Le Gabon, notamment, compte parmi les États qui ont apporté un soutien financier important à cette lutte, en contribuant régulièrement au financement de l’ANC. Cette solidarité n’était dictée ni par l’intérêt ni par le calcul. Elle procédait d’une conviction profonde selon laquelle lorsqu’une partie de l’Afrique est privée de liberté, c’est toute l’Afrique qui est atteinte dans sa dignité. En tout cas, l’histoire retient et retiendra que l’Afrique n’a jamais abandonné l’Afrique du Sud.

Comprendre sans justifier

C’est précisément pourquoi les violences xénophobes qui resurgissent aujourd’hui suscitent autant d’incompréhension. Non parce que les Sud-Africains auraient une dette éternelle envers le reste du continent, mais parce qu’ils devraient être parmi les premiers à savoir ce que signifient l’humiliation, l’exclusion et la stigmatisation d’un être humain pour ce qu’il est plutôt que pour ce qu’il fait.

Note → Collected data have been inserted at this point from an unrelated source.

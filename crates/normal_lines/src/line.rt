// A line into a lent buffer, without the ASCII blanks at its ends and with one LF behind it. A long one is written
// piece by piece as it is looked through, so that it comes from memory once.
ghost use Rattle.std.specs.Prelude.{◌≡◌, ◌+◌, ◌≤◌, length, take};
ghost use Rattle.text.specs.Blank.{front, drop_end, is_ascii_blank, trim_ascii};
ghost use Rattle.text.specs.Wrote.{Put};
ghost use Rattle.grammar.specs.Units.{not_lf};
ghost use Rattle.normal_lines.specs.Lines.{ended, Keeps, PutsLine, PutsPieces};

use byte_slices::put::put_bytes;
use byte_slices::scan::{NEAR, find, line_size, near};
use graphics::gw_span::trim_line_start;
use numbers::blank::{first, trim_ascii_end, trim_ascii_start};

// So many bytes are looked through before they are written.
const PIECE: usize = 4096;

// A line that was written: its bytes, its LF among them, and the place behind what was written.
#[derive(Clone, Copy)]
pub struct Line {
    pub size: usize,
    pub to: usize,
}

// A line that was looked through: its bytes, its LF among them, and how many are left without it and the blanks at the
// ends.
#[derive(Clone, Copy)]
pub struct Kept {
    pub size: usize,
    pub len: usize,
}

// The line that stands first in rest.
pub fn line_len(rest: &[u8]) -> Kept
    ensures { Keeps rest.now result }
{
    let n = find(rest, 10);
    let kept = trim_ascii_end(trim_ascii_start(first(rest, n)));
    Kept {
        size: line_size(n, rest.len()),
        len: kept.len(),
    }
}

// A part and the LF behind it; nothing for a part of no bytes.
pub fn put_ended(part: &[u8], out: &mut [u8], at: usize) -> usize
    requires { at + length (ended part.now) ≤ length out.old }
    ensures { Put out.new out.old at (ended part.now) result }
{
    if part.len() == 0 {
        return at;
    }
    put_bytes(part, out, at);
    let end = at + part.len();
    out[end] = 10;
    end + 1
}

// What stands first up to an LF, the end or a piece's length.
fn piece(s: &[u8]) -> &[u8]
    ensures { result.now ≡ front not_lf (take 4096 s.now) }
{
    let near = first(s, PIECE);
    first(near, find(near, 10))
}

// The line that t begins with, without the blanks that it ends with, and no LF. It is written up to `done`; blanks go
// on from there to `seen`.
fn put_pieces(t: &[u8], out: &mut [u8], at: usize) -> Line
    requires { at + length (drop_end is_ascii_blank (front not_lf t.now)) ≤ length out.old }
    ensures { PutsPieces out.new out.old t.now at result }
{
    let mut done = 0;
    let mut seen = 0;
    let mut to = at;
    loop {
        let p = piece(&t[seen..]);
        let n = p.len();
        let end = seen + trim_ascii_end(p).len();
        let upto = if seen < end { end } else { done };
        put_bytes(&t[done..upto], out, to);
        to += upto - done;
        done = upto;
        seen += n;
        if n < PIECE {
            return Line { size: seen, to };
        }
    }
}

// A line of any length.
fn put_long(rest: &[u8], out: &mut [u8], at: usize) -> Line
    requires { at + length (ended (trim_ascii (front not_lf rest.now))) ≤ length out.old }
    ensures { PutsLine out.new out.old rest.now at result }
{
    let started = trim_line_start(rest);
    let from = rest.len() - started.len();
    let l = put_pieces(started, out, at);
    let size = line_size(from + l.size, rest.len());
    let end = l.to;
    if end <= at {
        return Line { size, to: at };
    }
    out[end] = 10;
    Line { size, to: end + 1 }
}

// The line that stands first in rest. Most end near.
pub fn put_line(rest: &[u8], out: &mut [u8], at: usize) -> Line
    requires { at + length (ended (trim_ascii (front not_lf rest.now))) ≤ length out.old }
    ensures { PutsLine out.new out.old rest.now at result }
{
    let n = near(rest, 10);
    if NEAR <= n {
        return put_long(rest, out, at);
    }
    let to = put_ended(trim_ascii_end(trim_ascii_start(first(rest, n))), out, at);
    Line { size: n + 1, to }
}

Il serait toutefois intellectuellement malhonnête de réduire cette réalité à une supposée ingratitude collective. L’Afrique du Sud demeure confrontée à des inégalités profondes, à un chômage massif, notamment chez les jeunes, et à des frustrations sociales héritées d’une transition démocratique qui n’a pas répondu à toutes les attentes. Dans un tel contexte, certains responsables politiques ou mouvements opportunistes trouvent plus commode de désigner les étrangers comme boucs émissaires que d’apporter des réponses aux véritables causes des difficultés du pays. Mais expliquer n’est pas excuser.

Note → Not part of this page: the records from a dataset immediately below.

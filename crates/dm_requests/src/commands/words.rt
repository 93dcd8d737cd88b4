//! The words of a typed line: what stands between spaces.

ghost use Rattle.std.specs.Prelude.{◌≡◌, ◌≢◌, ◌<◌, ◌≤◌, ◌∷◌, [], length, slice_index, IfSome, IfNone};
ghost use Rattle.dm_requests.specs.commands.Words.{words_of};

/// The line without the spaces at its start.
fn trimmed(line: &[u8]) -> &[u8]
    ensures words { words_of result.now ≡ words_of line.now }
    ensures first { slice_index result.now 0 ≢ 32 }
{
    let mut rest = line;
    while let [b' ', tail @ ..] = rest {
        rest = tail;
    }
    rest
}

/// The first word of a line that does not begin with a space, and the rest of the line after the space that ends the
/// word.
fn front(line: &[u8]) -> (&[u8], &[u8])
    requires some { 0 < length line.now }
    requires first { slice_index line.now 0 ≢ 32 }
    ensures { words_of line.now ≡ result.0.now ∷ words_of result.1.now }
{
    for (i, byte) in line.iter().enumerate() {
        if *byte == b' ' {
            return (&line[..i], &line[i + 1..]);
        }
    }
    (line, &line[line.len()..])
}

/// The first word of a line, and the rest of the line after it; None if there is no word.
pub(crate) fn next_word(line: &[u8]) -> Option<(&[u8], &[u8])>
    ensures some { IfSome result (λ x. words_of line.now ≡ x.0.now ∷ words_of x.1.now) }
    ensures none { IfNone result (words_of line.now ≡ []) }
{
    let rest = trimmed(line);
    if rest.is_empty() {
        return None;
    }
    Some(front(rest))
}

Aucune crise économique, aucune précarité sociale, aucune difficulté politique ne saurait justifier que l’on s’en prenne à des innocents, que l’on incendie leurs commerces, que l’on les chasse de leurs quartiers ou que l’on transforme leur nationalité en motif de persécution.

Il convient toutefois de rappeler que ces violences ne traduisent pas la pensée de toute la société sud-africaine. Beaucoup de citoyens, d’associations, de responsables religieux et d’intellectuels les dénoncent avec courage. Ils rappellent que l’héritage de Nelson Mandela ne réside pas seulement dans la conquête de la liberté politique, mais aussi dans la reconnaissance de la dignité de chaque être humain.

Le panafricanisme à l’épreuve des faits

Au fond, cette crise pose une question essentielle de savoir ce qui du panafricanisme lorsque des Africains en viennent à considérer d’autres Africains comme des intrus sur leur propre continent ?

Le panafricanisme ne peut se limiter aux discours prononcés lors des sommets ou aux célébrations symboliques de l’unité africaine. Il trouve sa véritable mesure dans les actes, dans la manière dont les peuples africains se reconnaissent mutuellement comme membres d’une même communauté de destin, malgré leurs différences de nationalité, de langue ou de culture.

L’Afrique du Sud n’est pas un pays comme les autres. Son histoire lui confère une responsabilité morale particulière. Celle de ne jamais oublier que sa liberté a été rendue possible par une mobilisation qui dépassait largement ses frontières.

Ne pas trahir l’héritage de la liberté

Les peuples qui perdent la mémoire de leurs solidarités prennent le risque de perdre aussi le sens de leur avenir commun.

L’Afrique n’a pas soutenu la lutte contre l’apartheid pour réclamer une quelconque reconnaissance perpétuelle. Elle l’a fait parce qu’elle croyait à un principe fondamental qui veut que la liberté d’un Africain est l’affaire de tous les Africains.

Ce principe mérite aujourd’hui d’être ravivé. Car aucune ambition d’intégration continentale, aucune promesse de renaissance africaine, aucun idéal panafricain ne pourra prospérer si les Africains deviennent, les uns pour les autres, des étrangers à combattre plutôt que des frères à protéger.

L’Afrique du Sud, qui fut hier le symbole universel de la lutte contre l’oppression, ne peut devenir celui de la défiance envers ses propres frères africains. Son histoire l’oblige. Et la mémoire du continent l’y rappelle.